Deciphering the Tractatus has been challenging, as it took over a century for the scientific community to adopt the probabilistic perspective. The new direction in understanding probability has been a result of the research efforts of numerous physicists and mathematicians. The list starts with Frank Ramsey, the mathematician who translated the Tractatus into English under Wittgenstein’s supervision and benefitted from his explanations in direct discussions with him. Ramsey’s insights into key concepts have contributed to the advancement of the mathematical theory of probability. These include the clarification of the notion of inverse probability and the equation of the concept of subjective probability with expected utility.

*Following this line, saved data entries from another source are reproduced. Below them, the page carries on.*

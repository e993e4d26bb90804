// The C interface of the jobs: pointers with lengths, structs by value. Assumes nothing of a caller beyond pointers that are good for the lengths given.
#![tactic(auto)]

ghost use Rattle.std.specs.Prelude.{◌≡◌};
ghost use Rattle.maps.specs.CheckBase.{check_base};
ghost use Rattle.maps.specs.CheckPyramid.{check_lent, check_leaves};
ghost use Rattle.maps.specs.AddLevel.{add_lambda, add_delta, add_leaves};
ghost use Rattle.maps.specs.MarksBack.{marks_lent, marks_leaves};
ghost use Rattle.maps.specs.Read.{read_lent_by_levels};
ghost use Rattle.maps.specs.Unfold.{unfold_leaves};
ghost use Rattle.maps.specs.UnfoldAll.{unfold_all_lent, unfold_all_tables, unfold_all_counts, unfold_all_since};
ghost use Rattle.maps.specs.Row.{row_lent};
ghost use Rattle.maps.specs.Survivors.{survivors_lent, survivor_count, survivor_words};
ghost use Rattle.maps.specs.MarkCells.{mark_lent, MarkLeaves};
ghost use Rattle.maps.specs.Record.{wide, take_rows, take_lambda, take_delta, take_table};
ghost use Rattle.maps.specs.Write.{write_table, write_leaves};
ghost use Rattle.maps.specs.Decimation.{decimation_table};
ghost use Rattle.maps.specs.Census.{census_lent, census_table};
ghost use Rattle.maps.specs.Partner.{import_lent};
ghost use Rattle.maps.specs.Join.{join_lambda, join_leaves};
ghost use Rattle.maps.specs.Rebase.{rebase_rows, rebase_lambda, rebase_delta, rebase_old, rebase_table};
ghost use Rattle.answers.specs.Pyramid.{given};
ghost use Rattle.taking.specs.Answers.{taken};
ghost use Rattle.writing.specs.Answers.{writing};
ghost use Rattle.decimation.specs.Answers.{decimating};
ghost use Rattle.counting.specs.Left.{CensusPutLeft};
ghost use Rattle.combinatorial.specs.Left.{ImportLeft};
ghost use Rattle.starting_again.specs.Answers.{rebasing};
ghost use Rattle.interface.specs.Flat.{refusal_for, reading_for, count_for, part_for, record_for, written_for, factor_for, base_for, version_for};
ghost use Rattle.zompelgors.specs.Answers.{add_for, join_for, read_for, unfold_for, ExportFor};

use answers::{AtLevel, Dim, Level, Pyramid, Question, Sizes};
use interface::{
    ZgBase, ZgCount, ZgFactor, ZgHeight, ZgLink, ZgPart, ZgReading, ZgRecord, ZgRefusal,
    ZgUnfolding, ZgWritten, base_as, height_as, part_as,
};
use unfolding::unfold_all;

// The version of this interface: its three numbers as one.
pub fn zg_version() -> u32
    ensures { result ≡ version_for 6 3 0 }
{
    interface::version()
}

// Checks a base.
pub fn zg_check_base(n: u8, darts: u16, rows: &[u16]) -> ZgRefusal
    ensures { result ≡ refusal_for (check_base n darts rows.now) }
{
    bases::check_base(Dim(n), darts, rows).into()
}

// Checks a whole pyramid.
pub fn zg_check(
    n: u8,
    darts: u16,
    h: u8,
    rows: &[u16],
    lambda: &[u8],
    delta: &[u8],
    table: &mut [u16],
) -> ZgRefusal
    ensures answer { result ≡ refusal_for (check_lent (given n darts h rows.now lambda.now delta.now) table.old) }
    ensures table_left { table.new ≡ check_leaves (given n darts h rows.now lambda.now delta.now) table.old }
{
    let sizes = Sizes {
        n: Dim(n),
        h: Level(h),
        darts,
    };
    let pyramid = Pyramid {
        sizes,
        rows,
        lambda,
        delta,
    };
    checking::check(&pyramid, table).into()
}

// Adds a level on top.
pub fn zg_add(
    n: u8,
    darts: u16,
    h: u8,
    rows: &[u16],
    lambda: &mut [u8],
    delta: &mut [u8],
    marks: &[u8],
    table: &mut [u16],
) -> ZgHeight
    ensures answer { result ≡ add_for (given n darts h rows.now lambda.old delta.old) marks.now table.old }
    ensures lambda_left { lambda.new ≡ add_lambda (given n darts h rows.now lambda.old delta.old) marks.now table.old }
    ensures delta_left { delta.new ≡ add_delta (given n darts h rows.now lambda.old delta.old) marks.now table.old }
    ensures table_left { table.new ≡ add_leaves (given n darts h rows.now lambda.old delta.old) marks.now table.old }
{
    let sizes = Sizes {
        n: Dim(n),
        h: Level(h),
        darts,
    };
    height_as(
        Level(h),
        checking::add(sizes, rows, lambda, delta, marks, table),
    )
}

// Reads the mark row of a level back.
pub fn zg_marks_of(
    n: u8,
    darts: u16,
    h: u8,
    lambda: &[u8],
    delta: &[u8],
    level: u8,
    marks: &mut [u8],
) -> ZgRefusal
    ensures answer { result ≡ refusal_for (marks_lent n darts h lambda.now delta.now level marks.old) }
    ensures marks_left { marks.new ≡ marks_leaves n darts h lambda.now delta.now level marks.old }
{
    let sizes = Sizes {
        n: Dim(n),
        h: Level(h),
        darts,
    };
    marks_back::marks_of(sizes, lambda, delta, Level(level), marks).into()
}

// Reads one neighbour on a level by the direct walk, and since which level the link stands.
pub fn zg_read(
    n: u8,
    darts: u16,
    h: u8,
    rows: &[u16],
    lambda: &[u8],
    delta: &[u8],
    level: u8,
    involution: u8,
    dart: u16,
) -> ZgLink
    ensures { result ≡ read_for (given n darts h rows.now lambda.now delta.now) level involution dart }
{
    let sizes = Sizes {
        n: Dim(n),
        h: Level(h),
        darts,
    };
    let pyramid = Pyramid {
        sizes,
        rows,
        lambda,
        delta,
    };
    reading::read(
        &pyramid,
        Question {
            level: Level(level),
            involution: Dim(involution),
            dart,
        },
    )
    .into()
}

// Reads one neighbour on a level by readings one level lower each.
pub fn zg_read_by_levels(
    n: u8,
    darts: u16,
    h: u8,
    rows: &[u16],
    lambda: &[u8],
    delta: &[u8],
    level: u8,
    involution: u8,
    dart: u16,
) -> ZgReading
    ensures { result ≡ reading_for (read_lent_by_levels (given n darts h rows.now lambda.now delta.now) level involution dart) }
{
    let sizes = Sizes {
        n: Dim(n),
        h: Level(h),
        darts,
    };
    let pyramid = Pyramid {
        sizes,
        rows,
        lambda,
        delta,
    };
    by_levels::read_by_levels(
        &pyramid,
        Question {
            level: Level(level),
            involution: Dim(involution),
            dart,
        },
    )
    .into()
}

// Unfolds a whole level.
pub fn zg_unfold(
    n: u8,
    darts: u16,
    h: u8,
    rows: &[u16],
    lambda: &[u8],
    delta: &[u8],
    level: u8,
    table: &mut [u16],
) -> ZgUnfolding
    ensures answer { result ≡ unfold_for (given n darts h rows.now lambda.now delta.now) level table.old }
    ensures table_left { table.new ≡ unfold_leaves (given n darts h rows.now lambda.now delta.now) level table.old }
{
    let sizes = Sizes {
        n: Dim(n),
        h: Level(h),
        darts,
    };
    let pyramid = Pyramid {
        sizes,
        rows,
        lambda,
        delta,
    };
    one_level::unfold(&pyramid, Level(level), table).into()
}

// Checks a whole pyramid and unfolds all its levels, each in a block of its own, with the counts and the levels since which.
pub fn zg_unfold_all(
    n: u8,
    darts: u16,
    h: u8,
    rows: &[u16],
    lambda: &[u8],
    delta: &[u8],
    tables: &mut [u16],
    counts: &mut [u32],
    since: &mut [u8],
) -> ZgRefusal
    ensures answer { result ≡ refusal_for (unfold_all_lent (given n darts h rows.now lambda.now delta.now) tables.old counts.old since.old) }
    ensures tables_left { tables.new ≡ unfold_all_tables (given n darts h rows.now lambda.now delta.now) tables.old counts.old since.old }
    ensures counts_left { counts.new ≡ unfold_all_counts (given n darts h rows.now lambda.now delta.now) tables.old counts.old since.old }
    ensures since_left { since.new ≡ unfold_all_since (given n darts h rows.now lambda.now delta.now) tables.old counts.old since.old }
{
    let sizes = Sizes {
        n: Dim(n),
        h: Level(h),
        darts,
    };
    let pyramid = Pyramid {
        sizes,
        rows,
        lambda,
        delta,
    };
    unfold_all(&pyramid, tables, counts, since).into()
}

// Says where a row of a level lies.
pub fn zg_row(
    n: u8,
    darts: u16,
    h: u8,
    base: &[u16],
    unfolded: &[u16],
    level: u8,
    involution: u8,
) -> ZgPart
    ensures { result ≡ part_for (row_lent n darts h base.now unfolded.now level involution) darts level involution }
{
    let sizes = Sizes {
        n: Dim(n),
        h: Level(h),
        darts,
    };
    part_as(
        darts,
        Level(level),
        Dim(involution),
        rows::row_refusal(sizes, base, unfolded, Level(level), Dim(involution)),
    )
}

// The survivor words of a level.
pub fn zg_survivors(darts: u16, h: u8, lambda: &[u8], level: u8, words: &mut [u64]) -> ZgCount
    ensures answer { result ≡ count_for (survivors_lent darts h lambda.now level words.old) (survivor_count darts h lambda.now level words.old) }
    ensures words_left { words.new ≡ survivor_words darts h lambda.now level words.old }
{
    survivor_words::survivors(darts, Level(h), lambda, Level(level), words).into()
}

// Marks cells of one dimension on an explicit level: those that are removable and fall into two parts, but for one of each piece that would vanish.
pub fn zg_mark_cells(n: u8, darts: u16, table: &[u16], dimension: u8, marks: &mut [u8]) -> ZgRefusal
    ensures answer { result ≡ refusal_for (mark_lent n darts table.now dimension marks.old) }
    ensures marks_left { MarkLeaves n darts table.now dimension marks.old (mark_lent n darts table.now dimension marks.old) marks.new }
{
    cells::mark_cells(Dim(n), darts, table, Dim(dimension), marks).into()
}

// Takes a record into lent memory and checks its pyramid; after 5 to 10 rows and marks hold what the record said.
pub fn zg_take(
    bytes: &[u8],
    rows: &mut [u16],
    lambda: &mut [u8],
    delta: &mut [u8],
    table: &mut [u16],
) -> ZgRecord
    ensures answer { result ≡ record_for (taken bytes.now wide rows.old lambda.old delta.old table.old) }
    ensures rows_left { rows.new ≡ take_rows bytes.now wide rows.old lambda.old delta.old table.old }
    ensures lambda_left { lambda.new ≡ take_lambda bytes.now wide rows.old lambda.old delta.old table.old }
    ensures delta_left { delta.new ≡ take_delta bytes.now wide rows.old lambda.old delta.old table.old }
    ensures table_left { table.new ≡ take_table bytes.now wide rows.old lambda.old delta.old table.old }
{
    taking::take(bytes, rows, lambda, delta, table).into()
}

// Writes the record of an accepted pyramid into a lent buffer; the table is left as the check leaves it.
pub fn zg_write(
    n: u8,
    darts: u16,
    h: u8,
    rows: &[u16],
    lambda: &[u8],
    delta: &[u8],
    table: &mut [u16],
    bytes: &mut [u8],
) -> ZgWritten
    ensures answer { result ≡ written_for (writing (given n darts h rows.now lambda.now delta.now) table.old bytes.old) }
    ensures table_left { table.new ≡ write_table (given n darts h rows.now lambda.now delta.now) table.old bytes.old }
    ensures bytes_left { bytes.new ≡ write_leaves (given n darts h rows.now lambda.now delta.now) table.old bytes.old }
{
    let sizes = Sizes {
        n: Dim(n),
        h: Level(h),
        darts,
    };
    let pyramid = Pyramid {
        sizes,
        rows,
        lambda,
        delta,
    };
    writing::write(&pyramid, table, bytes).into()
}

// By which factor an accepted pyramid shrinks from a level to the next; the table is left as the check leaves it.
pub fn zg_decimation(
    n: u8,
    darts: u16,
    h: u8,
    rows: &[u16],
    lambda: &[u8],
    delta: &[u8],
    table: &mut [u16],
    level: u8,
) -> ZgFactor
    ensures answer { result ≡ factor_for (decimating (given n darts h rows.now lambda.now delta.now) table.old level) }
    ensures table_left { table.new ≡ decimation_table (given n darts h rows.now lambda.now delta.now) table.old level }
{
    let sizes = Sizes {
        n: Dim(n),
        h: Level(h),
        darts,
    };
    let pyramid = Pyramid {
        sizes,
        rows,
        lambda,
        delta,
    };
    decimation::decimation(&pyramid, table, Level(level)).into()
}

// A census of an accepted pyramid, into 33 rows of five counts and 33 sums; the table is left as the check leaves it.
pub fn zg_census(
    n: u8,
    darts: u16,
    h: u8,
    rows: &[u16],
    lambda: &[u8],
    delta: &[u8],
    table: &mut [u16],
    cells: &mut [u16],
    sums: &mut [i32],
) -> ZgRefusal
    ensures answer { result ≡ refusal_for (census_lent (given n darts h rows.now lambda.now delta.now) table.old cells.old sums.old) }
    ensures table_left { table.new ≡ census_table (given n darts h rows.now lambda.now delta.now) table.old cells.old sums.old }
    ensures counts_left { CensusPutLeft (given n darts h rows.now lambda.now delta.now) table.old cells.old sums.old cells.new sums.new }
{
    let sizes = Sizes {
        n: Dim(n),
        h: Level(h),
        darts,
    };
    let pyramid = Pyramid {
        sizes,
        rows,
        lambda,
        delta,
    };
    counting::census_into(&pyramid, table, cells, sums).into()
}

// Brings in a 2D combinatorial map of m darts as the rows of a base of 2m darts.
pub fn zg_import(m: u16, edges: &[u16], vertices: &[u16], rows: &mut [u16]) -> ZgRefusal
    ensures answer { result ≡ refusal_for (import_lent m edges.now vertices.now rows.old) }
    ensures rows_left { ImportLeft m edges.now vertices.now rows.old rows.new }
{
    combinatorial::import(m, edges, vertices, rows).into()
}

// Takes a base back to the two rows that yield it.
pub fn zg_export(
    n: u8,
    darts: u16,
    rows: &[u16],
    edges: &mut [u16],
    vertices: &mut [u16],
) -> ZgRefusal
    ensures { ExportFor n darts rows.now edges.old vertices.old result edges.new vertices.new }
{
    combinatorial::export(Dim(n), darts, rows, edges, vertices).into()
}

// Joins the kernels of a level and the next of an accepted pyramid; Λ and the height fall.
pub fn zg_join(
    n: u8,
    darts: u16,
    h: u8,
    rows: &[u16],
    lambda: &mut [u8],
    delta: &[u8],
    table: &mut [u16],
    level: u8,
) -> ZgHeight
    ensures answer { result ≡ join_for (given n darts h rows.now lambda.old delta.now) table.old level }
    ensures lambda_left { lambda.new ≡ join_lambda (given n darts h rows.now lambda.old delta.now) table.old level }
    ensures table_left { table.new ≡ join_leaves (given n darts h rows.now lambda.old delta.now) table.old level }
{
    let sizes = Sizes {
        n: Dim(n),
        h: Level(h),
        darts,
    };
    height_as(
        Level(h),
        joining::join(sizes, rows, lambda, delta, table, Level(level)),
    )
}

// Starts again from a level of an accepted pyramid; the table is left as the check leaves it.
pub fn zg_rebase(
    n: u8,
    darts: u16,
    h: u8,
    rows: &mut [u16],
    lambda: &mut [u8],
    delta: &mut [u8],
    table: &mut [u16],
    level: u8,
    old: &mut [u16],
) -> ZgBase
    ensures answer { result ≡ base_for (rebasing (given n darts h rows.old lambda.old delta.old) table.old level old.old) }
    ensures rows_left { rows.new ≡ rebase_rows (given n darts h rows.old lambda.old delta.old) table.old level old.old }
    ensures lambda_left { lambda.new ≡ rebase_lambda (given n darts h rows.old lambda.old delta.old) table.old level old.old }
    ensures delta_left { delta.new ≡ rebase_delta (given n darts h rows.old lambda.old delta.old) table.old level old.old }
    ensures table_left { table.new ≡ rebase_table (given n darts h rows.old lambda.old delta.old) table.old level old.old }
    ensures old_left { old.new ≡ rebase_old (given n darts h rows.old lambda.old delta.old) table.old level old.old }
{
    let sizes = Sizes {
        n: Dim(n),
        h: Level(h),
        darts,
    };
    let at = AtLevel {
        sizes,
        level: Level(level),
    };
    base_as(
        sizes,
        starting_again::rebase(at, rows, lambda, delta, table, old),
    )
}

Jaynes research dotted the i’s and crossed the t’s of the modern interpretation of probability. It came to an end in 2003 with the publishing of his posthumous book "Probability Theory—the Logic of Science” whose topic is optimal processing of incomplete information. Jaynes aimed to clarify the normative function of logic, the emergence of meaning from the statistics of natural language use, by treating probability as an extension of Aristotelian logic, which he calls plausible logic. This approach elucidates how people form groups united by a their subjective understanding of word meaning, as epitomized by Wittgenstein’s example of an encounter between societies with different concepts of “flying”.
This new way of understanding and working with probabilities is one of the contributing factors to the success of modern AI, leading to the development of an arsenal of computational techniques culminating in today’s Large Language Models that are able to operate as human-like agents communicating with us using natural language and performing complex reasoning tasks. Recent experiments with artificial communities of communicating Large Language Models have gone so far as to demonstrate spontaneous formation of groups differentiated by their subjective understanding of language, vividly illustrating Wittgenstein’s intuitions.
“If someone is merely ahead of his time, it will catch him up someday,” Wittgenstein rightly predicted.